An undirected graph $G=(V,E)$ is represented by the sets $V(G)$ and $E(G)$. If these sets are maintained as simple lists where the buffer $v$ communicates with the vertex list and $e$ communicates with the edge list, Algorithm 1 creates an adjacency list $A$ for $G$.

Algorithm 1: Create Adjacency List of Undirected Graph
 $i=$first($V$) while $k\neq eol$ insert($A,v,header$) $k=$next($V,k$) $k=$first($E$) while $k\neq eol$ insert($A,e.v,e.w$) insert($A,e.w,e.v$) $k=$next($E,k$)

The first loop in Algorithm 1 creates a header for each vertex. This operation is not strictly necessary given the current data definition; however, it is often required in practical implementations.

You should observe that the algorithm inserts each edge in $E(G)$ into the adjacency list twice: once in the stated direction and once in the reverse direction. If $G$ is a directed graph, the reverse insertion is inappropriate (i.e. omit the final insert statement in Algorithm 1). It should be apparent that the algorithm has a time complexity of $O\left(|V|+|E|\right)$ if all operators have time complexity of $O(1)$.

It is often beneficial to create an adjacency list based on an alternate labeling of the vertices of $G$. This operation requires a mapping $\mu$ of the integers from 1 to $|V|$ onto the set $V(G)$. Algorithm 2 maps $V(G)$ to the order in which it is enumerated.

Algorithm 2: Map Vertices To Labeling Order
 $i=0$ $k=$first($V$) while $k\neq eol$ $i=i+1$ map($\mu,v,i$) $k=$next($V,k$)

Algorithm 3 combines these two procedures. It labels $V(G)$ according to its order of enumeration and creates an adjacency list based on this labeling.

Algorithm 3: Create Ordered Adjacency List
 $i=0$ $k=$first($V$) while $k\neq eol$ $i=i+1$ map($\mu,v,i$) insert($A,v,header$) $k=$next($V,k$) $k$ = first($E$) while $k\neq eol$ $i=$evaluate($\mu,e.v$) $j=$evaluate($\mu,e.w$) insert($A,i,j$) insert($A,j,i$) $k=$next($E,k$)

If map and evaluate have constant time complexity, the overall algorithm retains its linear complexity.

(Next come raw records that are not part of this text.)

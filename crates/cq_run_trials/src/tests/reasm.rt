//! Packets of several cells, some of them interleaved.
ghost use Rattle.std.specs.Prelude.{◌≡◌, ◌≤◌};
ghost use Rattle.cq_base.specs.Limits.{most_classes, most_ports};
ghost use Rattle.cq_reasm.specs.Joining.{HasTaken, IsTakable};

use cq_base::{Cell, CellId, Class, NoMemory, Port};
use cq_reasm::{Joined, Joiner};
use std::alloc::Global;
use std::marker::Model;

/// A joiner, and what is open in it: of each input and class, at the place of the pair, the number of the packet of
/// which the first cell was taken, and the piece of that cell.
#[derive(Drop)]
struct Taking {
    joiner: Joiner,
    inputs: u16,
    classes: u16,
    opened: Vec<Option<(u32, &'static [u8])>>,
}

impl Model for Taking {
    ghost use Rattle.std.specs.Prelude.{◌≡◌, option_map, map};
    ghost use Rattle.cq_reasm.specs.Joining.{JoinerView};

    ghost Value = { Unit {0} };

    ghost view = { λ _. tt };

    ghost invariant = { λ t. t.joiner ≡ record {
      inputs = t.inputs;
      classes = t.classes;
      open_packets = map (option_map (λ o. record { packet = o.0; taken = 1; body = o.1.now })) t.opened.items;
    } };
}

/// A cell that is the next of its input and class: the two, its packet, its bytes, the memory that a packet is opened
/// with, where that is told, and the body of the packet that is whole with it, if it is its last.
type Taken = (
    Port,
    Class,
    u32,
    &'static [u8],
    Option<usize>,
    Option<&'static [u8]>,
);

/// Whether the packet of the cell is whole, with this body, or none is.
fn is_whole(joined: Option<Joined>, cell: &Cell, body: Option<&[u8]>) -> bool {
    match joined {
        Some(whole) => {
            (whole.input, whole.packet) == (cell.id.input, cell.id.packet)
                && body == Some(whole.body.as_slice())
        }
        None => body.is_none(),
    }
}

/// Takes a cell, where a packet that is opened gets memory for so many bytes, if that is told.
fn take(
    joiner: &mut Joiner,
    cell: &Cell,
    piece: &[u8],
    room: Option<usize>,
) -> Result<Option<Joined>, NoMemory>
    requires { IsTakable joiner.old cell.now piece.now }
    ensures { HasTaken joiner.old joiner.new cell.now piece.now result }
{
    match room {
        Some(room) => joiner.take_reserving(cell, piece, room),
        None => joiner.take(cell, piece),
    }
}

impl Taking {
    /// With nothing open.
    fn new(alloc: Global, inputs: u16, classes: u16) -> Result<Taking, NoMemory>
        requires inputs { 1 ≤ inputs × inputs ≤ most_ports }
        requires classes { 1 ≤ classes × classes ≤ most_classes }
    {
        let places = usize::from(inputs) * usize::from(classes);
        let joiner = Joiner::new(alloc, inputs, classes)?;
        let mut opened = Vec::new(alloc);
        opened.resize(places, None)?;
        Ok(Taking {
            joiner,
            inputs,
            classes,
            opened,
        })
    }

    /// Takes a cell, and tells whether it is the next of its input and class, and its packet is whole with the body, or
    /// none is.
    fn takes(&mut self, taken: &Taken) -> bool {
        let (input, class, packet, piece, room, body) = *taken;
        let place = usize::from(input) * usize::from(self.classes) + usize::from(class);
        if input >= self.inputs
            || class >= self.classes
            || place >= self.opened.len()
            || piece.len() > 8
        {
            return false;
        }
        let index = match self.opened[place] {
            None => 0,
            Some((number, _)) if number == packet && body.is_some() => 1,
            Some(_) => return false,
        };
        let cell = Cell {
            id: CellId {
                input,
                packet,
                index,
            },
            output: 0,
            class,
            last: body.is_some(),
            at: 0,
            len: piece.len() as u32,
        };
        match take(&mut self.joiner, &cell, piece, room) {
            Ok(joined) => {
                self.opened[place] = match body {
                    Some(_) => None,
                    None => Some((packet, piece)),
                };
                is_whole(joined, &cell, body)
            }
            Err(_) => false,
        }
    }
}

/// How many inputs and classes there are, and the cells that come in turn.
type Trial = (u16, u16, &'static [Taken]);

const TRIALS: &[Trial] = &[
    // A packet of one cell is whole at once, and two packets of two cells are at their second.
    (
        1,
        1,
        &[
            (0, 0, 0, b"abcd", None, Some(b"abcd")),
            (0, 0, 1, b"efgh", None, None),
            (0, 0, 1, b"i", None, Some(b"efghi")),
            (0, 0, 2, b"jklm", None, None),
            (0, 0, 2, b"nopq", None, Some(b"jklmnopq")),
        ],
    ),
    // A packet is whole that was opened with memory for no byte, and one that was with memory for more than it has.
    (
        1,
        1,
        &[
            (0, 0, 0, b"abcd", Some(0), None),
            (0, 0, 0, b"e", Some(0), Some(b"abcde")),
            (0, 0, 1, b"fghi", Some(9), None),
            (0, 0, 1, b"j", Some(9), Some(b"fghij")),
        ],
    ),
    // Two inputs are kept apart, whose cells take turns.
    (
        2,
        1,
        &[
            (0, 0, 3, b"ab", None, None),
            (1, 0, 5, b"uvw", None, None),
            (0, 0, 3, b"c", None, Some(b"abc")),
            (1, 0, 5, b"xyz", None, Some(b"uvwxyz")),
        ],
    ),
    // Two classes of an input are kept apart, where a packet of the second is opened and whole within one of the first.
    (
        1,
        2,
        &[
            (0, 0, 0, b"ab", None, None),
            (0, 1, 1, b"uvw", None, None),
            (0, 1, 1, b"xyz", None, Some(b"uvwxyz")),
            (0, 0, 0, b"c", None, Some(b"abc")),
        ],
    ),
    // A packet of no bytes is whole at its cell, of the last input and class.
    (64, 16, &[(63, 15, 0, b"", None, Some(b""))]),
];

/// Whether each of the cells is answered so.
fn are_taken(taking: &mut Taking, cells: &[Taken]) -> bool {
    for taken in cells {
        if !taking.takes(taken) {
            return false;
        }
    }
    true
}

fn holds(alloc: Global, trial: &Trial) -> bool {
    let (inputs, classes, cells) = *trial;
    if inputs == 0 || inputs > 64 || classes == 0 || classes > 16 {
        return false;
    }
    match Taking::new(alloc, inputs, classes) {
        Ok(mut taking) => are_taken(&mut taking, cells),
        Err(_) => false,
    }
}

#[test]
fn packets_are_whole_at_their_last_cells_whatever_comes_between(rt: HostRuntime) {
    for trial in TRIALS {
        assert!(rt; holds(rt.alloc(), trial));
    }
}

Note. In a practical implementation, map will insert the pair $(d,r)$ into a data structure that is optimized for searching and evaluate will look up $d$ in this data structure. Efficient operations of this sort have a time complexity of $O\left(\,\log _{2}n\,\right)$. Therefore, adjacency list creation will have complexity $O\left(\,|V|\log _{2}|V|+|E|\log _{2}|V|\,\right)$.